Alder Valley was formed when National Bus Company (NBC) subsidiaries Aldershot & District Traction (A&D) and Thames Valley Traction (TV) merged on 1 January 1972.

The name Alder Valley was an amalgamation of the former names, but not representing any geographical feature or area. Despite the merger, the company initially maintained two divisions: Reading, covering the former TV area, and Aldershot, covering A&D's area, each of which continued to issue its own timetable booklet. From 1 November 1973 these divisions were renamed North and South. Thames Valley had also managed the South Midland express services between Oxford and London, but these were transferred to City of Oxford Motor Services in 1971. The new company's head office was at the former TV headquarters in Reading, but the Aldershot office was retained as a divisional headquarters, and in 1981 became the head office, allowing the Reading site to be sold for redevelopment.

===Liveries===
The buses began to be painted in dark red and cream, with small Tilling-style Alder Valley fleetnames with gold coloured lettering in early 1972. In keeping with the NBC policy, however, poppy red was soon applied (from December 1972), with a white stripe at waist level (single-deckers) or above the lower windows (double-deckers), along with white double-N logo, bold white fleetnames and light grey wheels. The logo later appeared in red and blue on a round-cornered white rectangular background.

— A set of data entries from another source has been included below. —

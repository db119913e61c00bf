//! Counts below a verdict, how little is shown, and how a log ends.
ghost use Rattle.std.specs.Prelude.{◌≡◌, ◌++◌, ◌*◌, nat_lt, OnOk};
ghost use Rattle.std.specs.Fmt.{decimal};
ghost use Rattle.print_reasons.specs.Counts.{count_text, end_text, little_text};

use itoa::Buffer;
use std::alloc::AllocError;

/// Adds a number and words behind it.
pub fn push_count(text: &mut Vec<u8>, number: usize, words: &str) -> Result<(), AllocError>
    ensures { OnOk result (text.new.items ≡ text.old.items ++ count_text number words.now) }
{
    push_number(text, number)?;
    text.extend_from_slice(words.as_bytes())
}

fn push_number(text: &mut Vec<u8>, number: usize) -> Result<(), AllocError>
    ensures { OnOk result (text.new.items ≡ text.old.items ++ decimal number) }
{
    let mut buffer = Buffer::new();
    let digits = buffer.format(number);
    text.extend_from_slice(digits.as_bytes())
}

/// Adds that the end isn't there, if so.
pub fn push_end(text: &mut Vec<u8>, ended: bool) -> Result<(), AllocError>
    ensures { OnOk result (text.new.items ≡ text.old.items ++ end_text ended) }
{
    if ended {
        text.extend_from_slice(b"\n")
    } else {
        text.extend_from_slice(b"; no last line `done`\n")
    }
}

/// Adds how little so many operations and records show, if so.
pub fn push_little(
    text: &mut Vec<u8>,
    ops: usize,
    records: usize,
    read: usize,
) -> Result<(), AllocError>
    ensures { OnOk result (text.new.items ≡ text.old.items ++ little_text ops records read) }
{
    if ops == 0 {
        text.extend_from_slice(b"Nothing was shown: there is no operation.\n")
    } else if are_few(read, records) {
        text.extend_from_slice(b"Little was shown: less than 1 % of the records were read.\n")
    } else {
        Ok(())
    }
}

/// Whether these are less than one of a hundred.
pub fn are_few(read: usize, records: usize) -> bool
    ensures { result ≡ nat_lt (read * 100) records }
{
    u128::from(read as u64) * 100 < u128::from(records as u64)
}
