//! The records that C passes. It owes no law of them.
ghost use Rattle.std.specs.Prelude.{true};
ghost use Rattle.std.proofs.Common.{rules};

use board_live::RecordLaw;
use c_boards::Free;

/// A record of 8 bytes.
#[repr(C)]
#[derive(Clone, Copy)]
pub struct Record8 {
    pub words: [u64; 1],
}

/// A record of 24 bytes.
#[repr(C)]
#[derive(Clone, Copy, PartialEq, Eq)]
pub struct Record24 {
    pub words: [u64; 3],
}

/// A record of 64 bytes.
#[repr(C)]
#[derive(Clone, Copy)]
pub struct Record64 {
    pub words: [u64; 8],
}

/// A record of 128 bytes.
#[repr(C)]
#[derive(Clone, Copy)]
pub struct Record128 {
    pub words: [u64; 16],
}

/// A record of 256 bytes.
#[repr(C)]
#[derive(Clone, Copy, PartialEq, Eq)]
pub struct Record256 {
    pub words: [u64; 32],
}

/// A record of 1,024 bytes.
#[repr(C)]
#[derive(Clone, Copy)]
pub struct Record1024 {
    pub words: [u64; 128],
}

/// A record of 4,096 bytes.
#[repr(C)]
#[derive(Clone, Copy, PartialEq, Eq)]
pub struct Record4096 {
    pub words: [u64; 512],
}

/// A record of 65,536 bytes.
#[repr(C)]
#[derive(Clone, Copy)]
pub struct Record65536 {
    pub words: [u64; 8192],
}

/// A record of 1,048,576 bytes.
#[repr(C)]
#[derive(Clone, Copy)]
pub struct Record1048576 {
    pub words: [u64; 131072],
}

impl RecordLaw for Record24 {
    ghost obeys = { λ _. true };

    fn fits(&self) -> bool {
        true
    }
}

impl Free for Record24 {
    ghost free = { λ _. Prim.search rules };
}

impl RecordLaw for Record256 {
    ghost obeys = { λ _. true };

    fn fits(&self) -> bool {
        true
    }
}

impl Free for Record256 {
    ghost free = { λ _. Prim.search rules };
}

impl RecordLaw for Record4096 {
    ghost obeys = { λ _. true };

    fn fits(&self) -> bool {
        true
    }
}

impl Free for Record4096 {
    ghost free = { λ _. Prim.search rules };
}
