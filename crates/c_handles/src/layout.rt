//! What crosses to C has the sizes and the alignment that the header has, here the records'.

use crate::record::{
    Record8, Record24, Record64, Record128, Record256, Record1024, Record4096, Record65536,
    Record1048576,
};

const _: () = prove!(size_of::<Record8>() == 8);

const _: () = prove!(size_of::<Record24>() == 24);

const _: () = prove!(size_of::<Record64>() == 64);

const _: () = prove!(size_of::<Record128>() == 128);

const _: () = prove!(size_of::<Record256>() == 256);

const _: () = prove!(size_of::<Record1024>() == 1024);

const _: () = prove!(size_of::<Record4096>() == 4096);

const _: () = prove!(size_of::<Record65536>() == 65536);

const _: () = prove!(size_of::<Record1048576>() == 1048576);

const _: () = prove!(align_of::<Record8>() == 8);

const _: () = prove!(align_of::<Record24>() == 8);

const _: () = prove!(align_of::<Record64>() == 8);

const _: () = prove!(align_of::<Record128>() == 8);

const _: () = prove!(align_of::<Record256>() == 8);

const _: () = prove!(align_of::<Record1024>() == 8);

const _: () = prove!(align_of::<Record4096>() == 8);

const _: () = prove!(align_of::<Record65536>() == 8);

const _: () = prove!(align_of::<Record1048576>() == 8);

/// What may go to another thread.
pub(crate) fn crosses<T: Send>() {}
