//! Handles that C can hold, each with a type of its own, and the sides of cells and the places
//! at boards that they can have.
//!
//! A handle has an erased box of its side, or nothing. C's struct is the same for all of them, so a call may be handed
//! a handle of another type: `live` has the number of the type, and what has another number has no side of this one.
#![tactic(auto)]

pub mod handles;
mod layout;
mod parts;
mod place;
mod record;
mod side;

pub use place::{FourSlotPlace, TriplePlace};
pub use record::{
    Record8, Record24, Record64, Record128, Record256, Record1024, Record4096, Record65536,
    Record1048576,
};
pub use side::{
    FourSlotPlace24, FourSlotPlace256, FourSlotPlace4096, FourSlotReader8, FourSlotReader24,
    FourSlotReader64, FourSlotReader128, FourSlotReader256, FourSlotReader1024, FourSlotReader4096,
    FourSlotReader65536, FourSlotReader1048576, FourSlotSeat24, FourSlotSeat256, FourSlotSeat4096,
    FourSlotWriter8, FourSlotWriter24, FourSlotWriter64, FourSlotWriter128, FourSlotWriter256,
    FourSlotWriter1024, FourSlotWriter4096, FourSlotWriter65536, FourSlotWriter1048576,
    TriplePlace24, TriplePlace256, TriplePlace4096, TripleReader8, TripleReader24, TripleReader64,
    TripleReader128, TripleReader256, TripleReader1024, TripleReader4096, TripleReader65536,
    TripleReader1048576, TripleSeat24, TripleSeat256, TripleSeat4096, TripleWriter8,
    TripleWriter24, TripleWriter64, TripleWriter128, TripleWriter256, TripleWriter1024,
    TripleWriter4096, TripleWriter65536, TripleWriter1048576,
};
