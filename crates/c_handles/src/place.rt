// made by c/exports.py
//! A place at a board over each family, with records that have no law.
//!
//! Its type names the record alone, so a call at it has a small dictionary.
ghost use Rattle.std.specs.Prelude.{map};
ghost use Rattle.std.specs.Arc.{arc_value};
ghost use Rattle.board_live.specs.Passes.{IsPass};
ghost use Rattle.c_boards.specs.Boards.{HasPosted, IsRefused, HasSeen, IsBoardOf};

use board_live::{BoardError, Posted};
use c_boards::{Free, HasPlace, Place, Sits, Sitting, open_places};
use cell_contract::Family;
use family_four_slot::FourSlotFamily;
use family_triple::TripleFamily;
use matrix_core::Stamp;
use std::alloc::Global;

/// A place at a board over four-slot cells.
#[derive(Drop)]
pub struct FourSlotPlace<W: Free + Drop> {
    pub place: Place<W, FourSlotFamily<Posted<W>>>,
}

impl<W: Free + Drop> HasPlace<Place<W, FourSlotFamily<Posted<W>>>> for FourSlotPlace<W> {
    ghost place = { λ p. p.place };

    fn of(inside: Place<W, FourSlotFamily<Posted<W>>>) -> FourSlotPlace<W> {
        FourSlotPlace { place: inside }
    }
}

impl<W: Free + Drop> Sits for FourSlotPlace<W> {
    ghost sits = { λ p. IsPass ⟦<FourSlotFamily<Posted<W>> as Family<Posted<W>>>⟧ W.obeys (arc_value p.place.board)
        p.place.pass.value };
}

impl<W: Free + Drop> Sitting<W> for FourSlotPlace<W> {
    ghost has_posted = { λ p q. HasPosted ⟦<FourSlotFamily<Posted<W>> as Family<Posted<W>>>⟧ W.obeys
        (arc_value p.place.board) (arc_value q.place.board) p.place.pass.value q.place.pass.value };

    ghost is_refused = { λ p q. IsRefused ⟦<FourSlotFamily<Posted<W>> as Family<Posted<W>>>⟧ W.obeys
        (arc_value p.place.board) (arc_value q.place.board) p.place.pass.value q.place.pass.value };

    ghost has_seen = { λ p q. HasSeen ⟦<FourSlotFamily<Posted<W>> as Family<Posted<W>>>⟧ W.obeys
        (arc_value p.place.board) (arc_value q.place.board) p.place.pass.value q.place.pass.value };

    ghost is_made = { λ n limit w ps. IsBoardOf ⟦<FourSlotFamily<Posted<W>> as Family<Posted<W>>>⟧ W.obeys n limit w
        (map (λ p. arc_value p.place.board) ps) (map (λ p. p.place.pass.value) ps) };

    fn open(
        alloc: Global,
        n: usize,
        limit: u64,
        words: W,
    ) -> Result<Vec<FourSlotPlace<W>>, BoardError> {
        open_places::<FourSlotPlace<W>, W, FourSlotFamily<Posted<W>>>(alloc, n, limit, words)
    }

    #[inline]
    fn post(&mut self, words: &W) -> Option<Stamp> {
        self.place.post(words)
    }

    #[inline]
    fn see(&mut self) -> Posted<W> {
        self.place.see()
    }
}

/// A place at a board over triple buffers.
#[derive(Drop)]
pub struct TriplePlace<W: Free + Drop> {
    pub place: Place<W, TripleFamily<Posted<W>>>,
}

impl<W: Free + Drop> HasPlace<Place<W, TripleFamily<Posted<W>>>> for TriplePlace<W> {
    ghost place = { λ p. p.place };

    fn of(inside: Place<W, TripleFamily<Posted<W>>>) -> TriplePlace<W> {
        TriplePlace { place: inside }
    }
}

impl<W: Free + Drop> Sits for TriplePlace<W> {
    ghost sits = { λ p. IsPass ⟦<TripleFamily<Posted<W>> as Family<Posted<W>>>⟧ W.obeys (arc_value p.place.board)
        p.place.pass.value };
}

impl<W: Free + Drop> Sitting<W> for TriplePlace<W> {
    ghost has_posted = { λ p q. HasPosted ⟦<TripleFamily<Posted<W>> as Family<Posted<W>>>⟧ W.obeys
        (arc_value p.place.board) (arc_value q.place.board) p.place.pass.value q.place.pass.value };

    ghost is_refused = { λ p q. IsRefused ⟦<TripleFamily<Posted<W>> as Family<Posted<W>>>⟧ W.obeys
        (arc_value p.place.board) (arc_value q.place.board) p.place.pass.value q.place.pass.value };

    ghost has_seen = { λ p q. HasSeen ⟦<TripleFamily<Posted<W>> as Family<Posted<W>>>⟧ W.obeys
        (arc_value p.place.board) (arc_value q.place.board) p.place.pass.value q.place.pass.value };

    ghost is_made = { λ n limit w ps. IsBoardOf ⟦<TripleFamily<Posted<W>> as Family<Posted<W>>>⟧ W.obeys n limit w
        (map (λ p. arc_value p.place.board) ps) (map (λ p. p.place.pass.value) ps) };

    fn open(
        alloc: Global,
        n: usize,
        limit: u64,
        words: W,
    ) -> Result<Vec<TriplePlace<W>>, BoardError> {
        open_places::<TriplePlace<W>, W, TripleFamily<Posted<W>>>(alloc, n, limit, words)
    }

    #[inline]
    fn post(&mut self, words: &W) -> Option<Stamp> {
        self.place.post(words)
    }

    #[inline]
    fn see(&mut self) -> Posted<W> {
        self.place.see()
    }
}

In the early days of the NBC livery, cream coloured NBC-style fleetnames and logos were applied to those vehicles which retained A&D two-tone green/cream or the early red/cream liveries. Alder Valley coaches were painted white all over with the red and blue "NATIONAL" fleetname and logo, with the Alder Valley fleetname less-prominently. "Dual-purpose" vehicles (i.e. bus-bodied vehicles fitted with coach seats and used mainly on long-distance stage-carriage services but also on express services, private hire, excursions and local stage-carriage services) were painted poppy red below waist level and white above, with red fleetnames and logos.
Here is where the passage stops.